---------- Extracted data ----------

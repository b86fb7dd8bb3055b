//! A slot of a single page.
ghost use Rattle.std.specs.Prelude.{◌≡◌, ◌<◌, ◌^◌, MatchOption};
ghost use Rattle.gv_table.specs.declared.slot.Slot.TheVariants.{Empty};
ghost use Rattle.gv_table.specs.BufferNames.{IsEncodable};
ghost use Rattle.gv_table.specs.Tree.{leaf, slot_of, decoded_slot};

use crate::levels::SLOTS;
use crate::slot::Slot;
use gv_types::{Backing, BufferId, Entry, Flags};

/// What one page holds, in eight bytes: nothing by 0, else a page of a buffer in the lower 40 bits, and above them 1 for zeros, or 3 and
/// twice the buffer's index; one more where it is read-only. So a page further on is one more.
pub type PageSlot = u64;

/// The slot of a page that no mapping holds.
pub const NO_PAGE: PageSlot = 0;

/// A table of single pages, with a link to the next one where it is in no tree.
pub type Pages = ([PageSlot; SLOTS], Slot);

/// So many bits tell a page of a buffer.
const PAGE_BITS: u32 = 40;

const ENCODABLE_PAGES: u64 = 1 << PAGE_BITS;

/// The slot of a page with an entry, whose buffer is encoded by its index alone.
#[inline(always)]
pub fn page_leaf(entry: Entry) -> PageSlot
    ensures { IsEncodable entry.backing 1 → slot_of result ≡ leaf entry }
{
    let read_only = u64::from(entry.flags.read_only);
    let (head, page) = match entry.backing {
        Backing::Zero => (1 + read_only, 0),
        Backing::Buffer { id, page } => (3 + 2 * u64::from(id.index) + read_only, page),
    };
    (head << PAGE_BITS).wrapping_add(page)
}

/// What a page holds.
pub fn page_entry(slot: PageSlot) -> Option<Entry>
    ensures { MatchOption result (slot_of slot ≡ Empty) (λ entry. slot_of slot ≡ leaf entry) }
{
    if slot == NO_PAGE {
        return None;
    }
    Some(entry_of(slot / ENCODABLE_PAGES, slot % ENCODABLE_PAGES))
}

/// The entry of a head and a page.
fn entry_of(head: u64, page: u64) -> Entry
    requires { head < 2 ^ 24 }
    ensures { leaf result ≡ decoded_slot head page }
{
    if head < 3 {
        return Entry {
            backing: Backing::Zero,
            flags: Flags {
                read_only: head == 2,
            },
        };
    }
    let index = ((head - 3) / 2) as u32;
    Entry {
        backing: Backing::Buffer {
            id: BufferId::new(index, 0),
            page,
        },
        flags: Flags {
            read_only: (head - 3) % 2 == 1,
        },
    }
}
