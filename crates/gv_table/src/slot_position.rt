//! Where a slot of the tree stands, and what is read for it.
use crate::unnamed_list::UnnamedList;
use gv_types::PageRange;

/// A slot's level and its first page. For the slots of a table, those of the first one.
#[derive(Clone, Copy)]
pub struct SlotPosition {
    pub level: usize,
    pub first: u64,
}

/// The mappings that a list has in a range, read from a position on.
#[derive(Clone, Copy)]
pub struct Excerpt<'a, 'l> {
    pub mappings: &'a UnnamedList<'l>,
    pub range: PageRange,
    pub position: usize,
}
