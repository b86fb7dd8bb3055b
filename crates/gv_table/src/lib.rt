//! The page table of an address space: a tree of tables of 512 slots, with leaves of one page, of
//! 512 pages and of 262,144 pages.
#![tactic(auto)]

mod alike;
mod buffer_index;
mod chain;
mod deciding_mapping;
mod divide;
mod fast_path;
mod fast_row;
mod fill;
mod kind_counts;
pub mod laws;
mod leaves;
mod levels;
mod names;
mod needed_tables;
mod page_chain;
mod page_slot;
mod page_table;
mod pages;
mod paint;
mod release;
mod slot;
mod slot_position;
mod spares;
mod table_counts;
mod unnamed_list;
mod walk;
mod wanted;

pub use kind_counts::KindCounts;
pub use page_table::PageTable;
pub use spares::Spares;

----------

▶ [Work instruction]:
Reproduce each line of the data containing the word "first".

▶ [Answer space]:
/// A slot's level and its first page. For the slots of a table, those of the first one.
    pub first: u64,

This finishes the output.